Consistency and formal quality
Before an SPA goes into negotiation or to the counterparty, a final formal check is worthwhile. The Proofread workflow checks cross-references, definitions, annexes, and placeholders, flags inconsistent terminology, and verifies that numbering and references are correct. This is not a substitute for legal review, but it is effective protection against embarrassing errors in the final document.
What this means for law firms and in-house teams
Time pressure in M&A transactions is a given. Delivering a first risk assessment of a 200-page SPA in hours rather than days requires tools that do more than keyword search – they need to analyse with structure.
AI does not replace legal expertise here. What it changes is the proportion of time spent on mechanical review versus substantive legal judgment. A team that already has a structured overview of the critical clauses can go deeper on the issues that actually matter.
For law firms, there is also a commercial dimension: teams that work more efficiently can handle a larger number of mandates in the same time without reducing quality.
CASUS is hosted in Switzerland and the EU, with no data transfer to the US. The platform operates without human review and without data retention after a session – both are requirements that commonly arise in M&A processes involving sensitive business information. Full details are available on the security page.
Try it on a real document
CASUS can be used directly in the browser or as a Microsoft Word add-in. Law firms and in-house teams can start for free – no sales call required, no implementation project needed. Upload a concrete SPA or due diligence document and see what the analysis produces: Start for free.
FAQ
What is a Share Purchase Agreement (SPA)?
A Share Purchase Agreement (SPA) is the central contract in M&A transactions, in which buyer and seller establish all material terms of the business acquisition. It covers purchase price, warranties, liability, closing conditions, and behavioural obligations through to completion.
How does a share deal differ from an asset deal?
In a share deal, the buyer acquires shares in the company and with them all assets and liabilities – including hidden ones. In an asset deal, specific assets are transferred individually; unknown liabilities remain with the seller, but the administrative complexity is higher.

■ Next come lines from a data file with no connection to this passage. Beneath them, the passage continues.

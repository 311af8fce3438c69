//! How a job is kept that comes: as a receipt, as one that counts, or as ever.

use super::SettlingFiles;
use crate::settling_fault::SettlingFault;
use rje_folder::FolderDisk;
use rje_jobs::Job;
use rje_receipts::receipt_of_job;
use rje_session::Spool;
use rje_spool::received_file;
use std::io::Write;
use std::mem;
use std::time::Clock;

impl<D: FolderDisk + Drop, C: Clock, W: Write, L: Write> SettlingFiles<D, C, W, L> {
    /// Keeps a job that came whole. On disk when it returns. The first of a transmission may be a receipt, by which the other end's promises are settled
    /// then.
    pub(crate) fn keep(&mut self, job: &Job) -> Result<(), SettlingFault> {
        let is_first = mem::replace(&mut self.is_first, false);
        if is_first && self.connection.looks() {
            if let Some(receipt) = receipt_of_job(job) {
                return self.take_receipt(receipt);
            }
        }
        if self.connection.counts() {
            self.keep_counted(job)?;
        } else {
            self.spool.keep(job)?;
        }
        self.connection.job_came();
        Ok(())
    }

    /// Keeps a job that counts.
    fn keep_counted(&mut self, job: &Job) -> Result<(), SettlingFault> {
        let kept = self.put_counted(job);
        match &kept {
            Ok(()) | Err(SettlingFault::OutOfMemory) => {}
            Err(_) => self.spool.note_not_kept(job),
        }
        kept
    }

    /// Counts a job, and puts it into in/ under its number.
    fn put_counted(&mut self, job: &Job) -> Result<(), SettlingFault> {
        let stamp = self.spool.stamp()?;
        let bytes = received_file(self.alloc, job)?;
        let kept = self.accounts.keep(bytes.as_slice(), stamp.as_str())?;
        self.spool
            .note_kept(job, kept.path, stamp.as_str(), kept.number);
        Ok(())
    }
}
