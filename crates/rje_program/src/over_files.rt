//! One run of the program over files, a reader and two writers.
ghost use Rattle.std.specs.Prelude.{◌≡◌, ◌≢◌, ◌⊎◌, map};
ghost use Rattle.rje_requests.specs.declared.order.FileOrder.{FileOrder as Asked};
ghost use Rattle.rje_cli.specs.Asking.{AsksFor, IsWordsFault};
ghost use Rattle.rje_commands.specs.Commands.{Does, IsFault, Leaves};
ghost use Rattle.rje_program.specs.Command.{DoesAsAsked, IsRefused, LeavesAsAsked, AsksForNoFiles, IsStatus};
ghost use Rattle.rje_store.specs.Store.{Discloses, IsSame};

use crate::telling::{tell_of, tell_words};
use rje_cli::parse;
use rje_commands::{CommandFault, carry_out, tell};
use rje_requests::{FileOrder, Order};
use rje_store::Store;
use std::alloc::Global;
use std::io::{Read, Write};

/// Runs the command over files that these words ask for, which are those after the program's name, and returns its exit status: 0 where
/// it did what it is for (or gave help or the version), 1 where what it reads is refused, 2 where the words ask for no command over files,
/// 3 where the store, the reader or a writer failed, 5 where there was no memory, 141 where nobody reads `out` any more. What the command
/// gives goes to `out`, and why it fails to `err`; with 141 nothing does.
pub fn command<S: Store, I: Read, O: Write, E: Write>(
    alloc: Global,
    words: &[&str],
    store: &mut S,
    input: &mut I,
    out: &mut O,
    err: &mut E,
) -> u8
    ensures done { result ≡ 0 → DoesAsAsked (map (λ word. word.now) words.now)
        (S.files store.old) (S.files store.new) (I.remaining input.old)
        (O.contents out.old) (O.contents out.new) }
    ensures refused { result ≡ 1 → IsRefused (map (λ word. word.now) words.now)
        (S.files store.old) (I.remaining input.old) }
    ensures words { result ≡ 2 → AsksForNoFiles (map (λ word. word.now) words.now) }
    ensures status { IsStatus result }
    ensures files { LeavesAsAsked (map (λ word. word.now) words.now)
        (S.files store.old) (S.files store.new) (I.remaining input.old) }
    ensures files_kept { result ≢ 0 → result ≢ 3 → result ≢ 141
        → Discloses (S.files store.old) (S.files store.new) IsSame }
    ensures silent { result ≢ 0 → result ≢ 3 → result ≢ 141 → out.new ≡ out.old }
    ensures quiet { result ≡ 141 → err.new ≡ err.old }
{
    let order = match parse(alloc, words) {
        Ok(Order::Files(order)) => order,
        Ok(Order::Sockets(_)) => return tell(&CommandFault::NoCommand, err),
        Ok(Order::Station(_)) => return tell(&CommandFault::NoCommand, err),
        Ok(Order::Status(_)) => return tell(&CommandFault::NoCommand, err),
        Err(fault) => return tell_words(&fault, out, err),
    };
    match carry_out(alloc, order, store, input, out, err) {
        Ok(()) => 0,
        Err(fault) => tell_of(&fault, job_file(&order), err),
    }
}

/// The name of the job file that an order reads. `take` and `mark` report themselves which is none.
fn job_file<'a>(order: &FileOrder<'a>) -> Option<&'a str> {
    match order {
        FileOrder::Cards(order) => Some(order.jobs),
        FileOrder::Show(order) => Some(order.jobs),
        FileOrder::Check(jobs) => Some(*jobs),
        FileOrder::Print(order) => Some(order.jobs),
        FileOrder::Try(order) => Some(order.jobs),
        FileOrder::Blocks(_) | FileOrder::Monitor(_) | FileOrder::Take(_) | FileOrder::Mark(_) =>
            None,
    }
}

Which clauses in an SPA are particularly critical?
The most error-prone areas are liability caps, the definition of accounting principles in closing accounts mechanisms, IP warranties, tax clauses, and the drafting of non-compete provisions. Gaps or ambiguities in these areas frequently lead to post-closing disputes.
How can AI help with SPA review?
AI can analyse an SPA systematically for risks, compare clauses against a reference standard or playbook, identify missing topics, and handle consistency checks. This reduces the time spent on manual review and gives lawyers a structured overview earlier in the process.
What does the AI Data Room do in M&A due diligence?
The AI Data Room supports parallel analysis of many documents. Teams define which information to extract – for example liability clauses, notice periods, or data protection provisions. The output is a tabular summary across all documents, with anomalies flagged and prioritised by risk.
Does AI replace the legal review of an SPA?
No. AI analysis supports legal work but does not replace legal judgment. What changes is the pace of the mechanical groundwork, leaving more time for substantive legal assessment.
How secure is CASUS when working with sensitive M&A documents?
CASUS is hosted in Switzerland and the EU. There is no data transfer to the US, no human review of documents, and no data retention after the session. These features align with what M&A processes typically require when handling confidential business information.
Can CASUS research the legal position on SPA clauses?
Yes. The Legal Research mode within AI Chat searches across more than 660,000 cantonal and federal court decisions as well as statutory provisions. Results are source-based and structured – they can be used directly to support clause rationale or for internal assessments.